Monday, June 26, 2017

Central Park

Predictions/Inquiries:
How has the Park evolved over time?

In the Park:
Central Park was built between 1857 and 1860.  Motivation for the park followed the spirit of reform present in the middle of the 19th century and well-to-do Americans who had seen and experienced Europe’s romanticized green spaces and desired their own at home. Further, Revolution had hit Europe in 1848 and fears struck the American aristocracy as distance grew between them and the poor.  These differences were clear in New York with slums such as the Five Points District and the mansions on Fifth Avenue for example.  In the absence of class comingling in the City, the hope was that a park would bring the classes together.  Underlying that was the idea that a park would elevate the lower orders of immigrants and laborers. Nevertheless, support from NY’s finest was essential to the construction of the park.  A desire to promenade and drive their carriages in a natural landscape, to increase tourism in the City, and for those with property that adjoined the Park, a desire to increase their real estate values all led to upper-class support. 

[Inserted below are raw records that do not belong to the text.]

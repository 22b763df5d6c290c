// A seat of an allocation, and the kinds of seats: under a step, or beyond the seats of all steps.
ghost use Rattle.std.specs.Prelude.{◌≡◌};
ghost use Rattle.office_base.specs.SeatKinds.{seat_kind_number, seat_kind_of_number};

use crate::{ProgId, STEP_COUNT, StepKind, step_number};

/// How a programme admits a candidate: under a step, or beyond its seats, because a seat there is guaranteed.
#[derive(Clone, Copy, Debug, PartialEq, Eq)]
pub enum SeatKind {
    Under(StepKind),
    Kept,
}

/// A seat of an allocation: a programme, and how it admits the candidate.
#[derive(Clone, Copy, Debug, PartialEq, Eq)]
pub struct Seat {
    pub prog: ProgId,
    pub step: SeatKind,
}

/// How many kinds of seats there are: one for each step, and the kept seats.
pub const SEAT_KIND_COUNT: usize = STEP_COUNT + 1;

/// All kinds of seats: those of the steps in their order, and the kept seats last.
pub const ALL_SEAT_KINDS: [SeatKind; SEAT_KIND_COUNT] = [
    SeatKind::Under(StepKind::Open),
    SeatKind::Under(StepKind::Ews),
    SeatKind::Under(StepKind::Obc),
    SeatKind::Under(StepKind::Sc),
    SeatKind::Under(StepKind::St),
    SeatKind::Under(StepKind::Dereserved),
    SeatKind::Kept,
];

/// Returns the number of a kind of seat: that of its step, or 6 for a kept seat.
pub fn seat_kind_number(kind: SeatKind) -> u8
    ensures { result ≡ seat_kind_number kind }
{
    match kind {
        SeatKind::Under(step) => step_number(step),
        SeatKind::Kept => 6,
    }
}

/// Returns the kind of seat of a number, if there is one.
pub fn seat_kind_of_number(number: u8) -> Option<SeatKind>
    ensures { result ≡ seat_kind_of_number number }
{
    ALL_SEAT_KINDS.get(usize::from(number)).copied()
}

The momentum generated around the possibility of a grand park in New York led to  an interesting debate regarding where it should go and who it should serve. The City utilized eminent domain to take the 843 acres that would comprise the ultimate park.  One well-to-do resident commented that “the Park should never be made at all if it is to become the resort of rapscalians.”  A voice of the lower sorts called on the park commissioner not to “allocate to aristocratic pride and exclusiveness,” but instead to create “a spot for all classes of our fellow citizens.”  Hartford born Frederick Law Olmstead and English immigrant Calvert Vaux, with their “Greensward” plan, won the Board of Commissioners of the Central Park’s design competition.  Their design was an attempt “to school both patrician and plebian cultures by transmitting, almost subliminally, civilized values and a harmonizing and refining influence.”  Olmstead and Vaux further desired “a retreat from the city’s competiveness and congestion” and the “habit of mind, cultivated in commercial life” (Burrows & Wallace, 794).  When the Park opened however, the working class turned out to be the losers as it was too far from their districts and too expensive to get there.  Further, Olmstead, as Park Superintendent, created a set of rules and regulations to train in “the proper use of” the Park.  Such regulations included the “forbidding of German singing society picnics” and “Irish church suppers,” thus forcing plebian consumption on patrician terms. It wasn’t until the 1870s that the working class began to frequent the Park. 


Today, Central Park seems to have met its founders’ intentions in a more democratic fashion. My stroll through the Park saw people of all different ages, races, ethnicities, and classes using the park in a variety of ways.  The park has evolved to meet those more democratic desires as well, seen in the inclusion of baseball fields, boat rentals, playscapes, and dog parks.  Despite the fact that you might see a biker, a rollerblader, and a pedestrian jockey for position on the promenade, or sense the city via looming buildings and inevitable sounds, the greatest achievement of the park is that it nevertheless delivers a sense of refuge apart from the “city’s competitiveness and congestion.” But as I found in one other NY park, how public space is utilized continues to be defined in undemocratic ways.